TASK: Every line of the entries below that carries the string "lived" should be copied.

(Records from a collection)
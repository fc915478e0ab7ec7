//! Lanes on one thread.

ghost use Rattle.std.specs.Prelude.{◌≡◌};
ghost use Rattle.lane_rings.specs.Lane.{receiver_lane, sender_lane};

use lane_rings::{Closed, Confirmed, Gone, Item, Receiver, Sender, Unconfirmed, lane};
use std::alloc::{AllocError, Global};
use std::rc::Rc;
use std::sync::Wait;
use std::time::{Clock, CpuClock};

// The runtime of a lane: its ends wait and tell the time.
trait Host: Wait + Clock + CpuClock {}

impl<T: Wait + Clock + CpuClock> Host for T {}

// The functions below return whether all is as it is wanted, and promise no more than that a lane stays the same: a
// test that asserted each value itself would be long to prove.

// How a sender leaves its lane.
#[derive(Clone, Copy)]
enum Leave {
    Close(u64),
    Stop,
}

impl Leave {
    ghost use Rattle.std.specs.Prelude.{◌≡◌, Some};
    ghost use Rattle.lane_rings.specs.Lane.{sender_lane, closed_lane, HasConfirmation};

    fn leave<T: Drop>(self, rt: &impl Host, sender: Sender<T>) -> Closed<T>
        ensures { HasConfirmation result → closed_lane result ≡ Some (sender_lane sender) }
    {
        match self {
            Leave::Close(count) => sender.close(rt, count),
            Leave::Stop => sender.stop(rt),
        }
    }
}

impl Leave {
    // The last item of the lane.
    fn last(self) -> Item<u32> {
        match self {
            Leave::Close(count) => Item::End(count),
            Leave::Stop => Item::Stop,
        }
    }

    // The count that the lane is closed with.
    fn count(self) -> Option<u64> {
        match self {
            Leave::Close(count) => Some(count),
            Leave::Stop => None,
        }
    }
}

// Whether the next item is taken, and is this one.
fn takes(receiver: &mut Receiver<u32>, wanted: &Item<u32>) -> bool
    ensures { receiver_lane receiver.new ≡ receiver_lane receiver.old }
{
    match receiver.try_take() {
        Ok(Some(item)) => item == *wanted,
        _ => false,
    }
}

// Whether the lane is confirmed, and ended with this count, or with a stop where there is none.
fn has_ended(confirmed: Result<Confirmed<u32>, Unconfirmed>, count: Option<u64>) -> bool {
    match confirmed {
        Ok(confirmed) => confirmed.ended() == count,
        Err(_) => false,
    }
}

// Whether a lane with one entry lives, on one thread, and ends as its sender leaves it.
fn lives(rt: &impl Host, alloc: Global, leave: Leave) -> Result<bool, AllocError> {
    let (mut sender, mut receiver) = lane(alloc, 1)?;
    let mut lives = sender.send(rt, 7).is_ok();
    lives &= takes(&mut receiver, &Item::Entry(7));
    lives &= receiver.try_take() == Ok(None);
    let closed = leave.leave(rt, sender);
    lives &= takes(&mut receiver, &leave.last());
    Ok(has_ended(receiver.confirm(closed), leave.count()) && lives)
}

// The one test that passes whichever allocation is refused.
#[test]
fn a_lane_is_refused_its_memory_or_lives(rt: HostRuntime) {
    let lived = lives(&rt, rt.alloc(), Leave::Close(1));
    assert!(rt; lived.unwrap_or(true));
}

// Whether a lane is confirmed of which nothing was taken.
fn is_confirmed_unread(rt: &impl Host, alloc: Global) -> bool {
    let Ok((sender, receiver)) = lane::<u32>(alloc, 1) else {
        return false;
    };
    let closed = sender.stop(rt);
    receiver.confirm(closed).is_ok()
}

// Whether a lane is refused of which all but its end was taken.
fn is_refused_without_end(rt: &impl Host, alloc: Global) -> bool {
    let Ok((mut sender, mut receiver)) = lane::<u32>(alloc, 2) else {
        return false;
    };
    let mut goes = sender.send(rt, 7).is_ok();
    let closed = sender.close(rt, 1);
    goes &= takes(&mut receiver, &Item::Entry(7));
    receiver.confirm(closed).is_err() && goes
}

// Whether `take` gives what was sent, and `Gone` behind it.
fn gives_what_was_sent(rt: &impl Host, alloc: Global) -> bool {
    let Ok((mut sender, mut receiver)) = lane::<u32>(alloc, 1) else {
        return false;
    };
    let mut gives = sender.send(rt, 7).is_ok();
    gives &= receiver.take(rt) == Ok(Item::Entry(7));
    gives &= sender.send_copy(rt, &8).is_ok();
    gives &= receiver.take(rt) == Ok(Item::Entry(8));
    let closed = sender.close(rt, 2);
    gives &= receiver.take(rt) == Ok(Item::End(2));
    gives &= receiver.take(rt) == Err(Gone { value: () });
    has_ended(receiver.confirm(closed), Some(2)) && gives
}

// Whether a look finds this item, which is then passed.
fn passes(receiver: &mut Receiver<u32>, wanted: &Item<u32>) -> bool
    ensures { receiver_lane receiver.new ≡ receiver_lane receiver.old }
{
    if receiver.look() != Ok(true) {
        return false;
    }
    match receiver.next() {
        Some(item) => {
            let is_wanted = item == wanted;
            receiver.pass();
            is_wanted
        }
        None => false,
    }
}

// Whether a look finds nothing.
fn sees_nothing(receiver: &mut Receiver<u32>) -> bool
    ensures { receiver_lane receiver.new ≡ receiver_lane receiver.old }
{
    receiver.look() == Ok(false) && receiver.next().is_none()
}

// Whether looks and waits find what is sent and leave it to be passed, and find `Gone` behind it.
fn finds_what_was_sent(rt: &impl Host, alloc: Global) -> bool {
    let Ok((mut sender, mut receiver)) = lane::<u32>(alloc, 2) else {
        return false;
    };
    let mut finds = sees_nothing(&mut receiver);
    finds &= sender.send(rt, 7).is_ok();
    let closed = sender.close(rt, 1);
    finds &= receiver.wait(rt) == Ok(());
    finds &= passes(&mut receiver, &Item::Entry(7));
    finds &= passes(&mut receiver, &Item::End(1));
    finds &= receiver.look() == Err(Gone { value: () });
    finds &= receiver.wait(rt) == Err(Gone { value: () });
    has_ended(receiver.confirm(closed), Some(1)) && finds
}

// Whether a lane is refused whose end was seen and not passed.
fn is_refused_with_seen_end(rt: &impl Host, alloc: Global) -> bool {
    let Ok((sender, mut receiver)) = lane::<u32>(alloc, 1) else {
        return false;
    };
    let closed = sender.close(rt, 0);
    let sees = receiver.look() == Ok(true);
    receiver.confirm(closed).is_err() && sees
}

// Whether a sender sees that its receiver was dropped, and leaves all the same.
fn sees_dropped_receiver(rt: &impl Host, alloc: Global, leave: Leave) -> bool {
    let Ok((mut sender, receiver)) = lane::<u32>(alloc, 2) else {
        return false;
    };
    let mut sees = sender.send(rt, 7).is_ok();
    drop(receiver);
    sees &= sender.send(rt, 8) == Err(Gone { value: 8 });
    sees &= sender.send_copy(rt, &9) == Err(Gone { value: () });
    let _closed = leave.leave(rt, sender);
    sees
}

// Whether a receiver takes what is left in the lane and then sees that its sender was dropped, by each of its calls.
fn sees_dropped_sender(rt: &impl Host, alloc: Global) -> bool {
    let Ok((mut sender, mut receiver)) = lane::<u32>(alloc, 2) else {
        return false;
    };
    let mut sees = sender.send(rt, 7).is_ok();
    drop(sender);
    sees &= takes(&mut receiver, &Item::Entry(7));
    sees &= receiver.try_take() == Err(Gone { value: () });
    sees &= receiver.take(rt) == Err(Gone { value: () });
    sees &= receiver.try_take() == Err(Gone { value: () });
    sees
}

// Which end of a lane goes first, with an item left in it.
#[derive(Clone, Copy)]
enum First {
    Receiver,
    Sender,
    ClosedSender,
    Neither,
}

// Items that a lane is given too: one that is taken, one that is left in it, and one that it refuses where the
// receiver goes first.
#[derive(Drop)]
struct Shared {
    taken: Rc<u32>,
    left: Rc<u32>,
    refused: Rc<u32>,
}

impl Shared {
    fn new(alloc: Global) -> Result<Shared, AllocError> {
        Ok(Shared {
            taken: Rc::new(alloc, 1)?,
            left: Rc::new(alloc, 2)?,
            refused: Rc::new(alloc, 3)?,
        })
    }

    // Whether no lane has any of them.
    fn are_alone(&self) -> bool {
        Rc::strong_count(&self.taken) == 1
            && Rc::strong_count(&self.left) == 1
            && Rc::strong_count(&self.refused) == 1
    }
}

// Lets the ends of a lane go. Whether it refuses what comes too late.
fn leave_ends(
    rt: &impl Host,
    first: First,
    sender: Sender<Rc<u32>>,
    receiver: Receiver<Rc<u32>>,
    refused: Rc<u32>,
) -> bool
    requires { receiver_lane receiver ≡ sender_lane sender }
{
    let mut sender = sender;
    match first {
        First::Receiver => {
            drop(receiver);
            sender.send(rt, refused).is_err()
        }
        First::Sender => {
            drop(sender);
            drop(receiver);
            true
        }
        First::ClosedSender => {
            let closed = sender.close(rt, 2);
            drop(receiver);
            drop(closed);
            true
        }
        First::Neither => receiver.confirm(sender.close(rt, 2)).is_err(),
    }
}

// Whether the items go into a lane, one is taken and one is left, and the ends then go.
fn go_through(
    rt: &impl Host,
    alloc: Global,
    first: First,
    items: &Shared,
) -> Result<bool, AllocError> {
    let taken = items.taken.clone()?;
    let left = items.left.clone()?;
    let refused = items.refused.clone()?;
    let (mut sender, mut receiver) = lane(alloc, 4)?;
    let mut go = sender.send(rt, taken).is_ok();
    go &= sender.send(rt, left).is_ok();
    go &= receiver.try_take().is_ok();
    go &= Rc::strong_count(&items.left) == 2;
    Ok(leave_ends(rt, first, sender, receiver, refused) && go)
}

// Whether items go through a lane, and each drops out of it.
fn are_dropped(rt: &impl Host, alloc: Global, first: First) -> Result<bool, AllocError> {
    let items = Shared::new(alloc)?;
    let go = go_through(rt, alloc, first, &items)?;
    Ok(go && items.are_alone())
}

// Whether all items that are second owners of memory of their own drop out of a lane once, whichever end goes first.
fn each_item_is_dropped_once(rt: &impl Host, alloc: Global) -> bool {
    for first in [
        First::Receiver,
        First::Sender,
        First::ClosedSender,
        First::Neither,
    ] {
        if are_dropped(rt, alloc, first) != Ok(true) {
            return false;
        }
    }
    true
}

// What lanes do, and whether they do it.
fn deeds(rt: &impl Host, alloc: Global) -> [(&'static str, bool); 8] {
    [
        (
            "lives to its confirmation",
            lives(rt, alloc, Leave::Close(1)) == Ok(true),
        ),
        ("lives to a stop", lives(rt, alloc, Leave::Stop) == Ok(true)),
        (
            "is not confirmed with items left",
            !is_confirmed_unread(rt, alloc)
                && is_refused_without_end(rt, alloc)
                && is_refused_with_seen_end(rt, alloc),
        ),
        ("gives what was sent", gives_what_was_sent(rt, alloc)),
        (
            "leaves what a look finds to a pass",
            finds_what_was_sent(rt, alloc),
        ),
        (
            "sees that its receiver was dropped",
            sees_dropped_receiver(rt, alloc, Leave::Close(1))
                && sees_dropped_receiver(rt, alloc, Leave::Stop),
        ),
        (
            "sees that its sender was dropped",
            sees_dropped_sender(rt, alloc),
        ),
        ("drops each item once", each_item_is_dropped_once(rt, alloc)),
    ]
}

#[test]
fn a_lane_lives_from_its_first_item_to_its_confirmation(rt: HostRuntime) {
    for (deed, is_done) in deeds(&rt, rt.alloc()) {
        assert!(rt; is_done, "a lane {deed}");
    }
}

RESULT BELOW:
    let lived = lives(&rt, rt.alloc(), Leave::Close(1));
    assert!(rt; lived.unwrap_or(true));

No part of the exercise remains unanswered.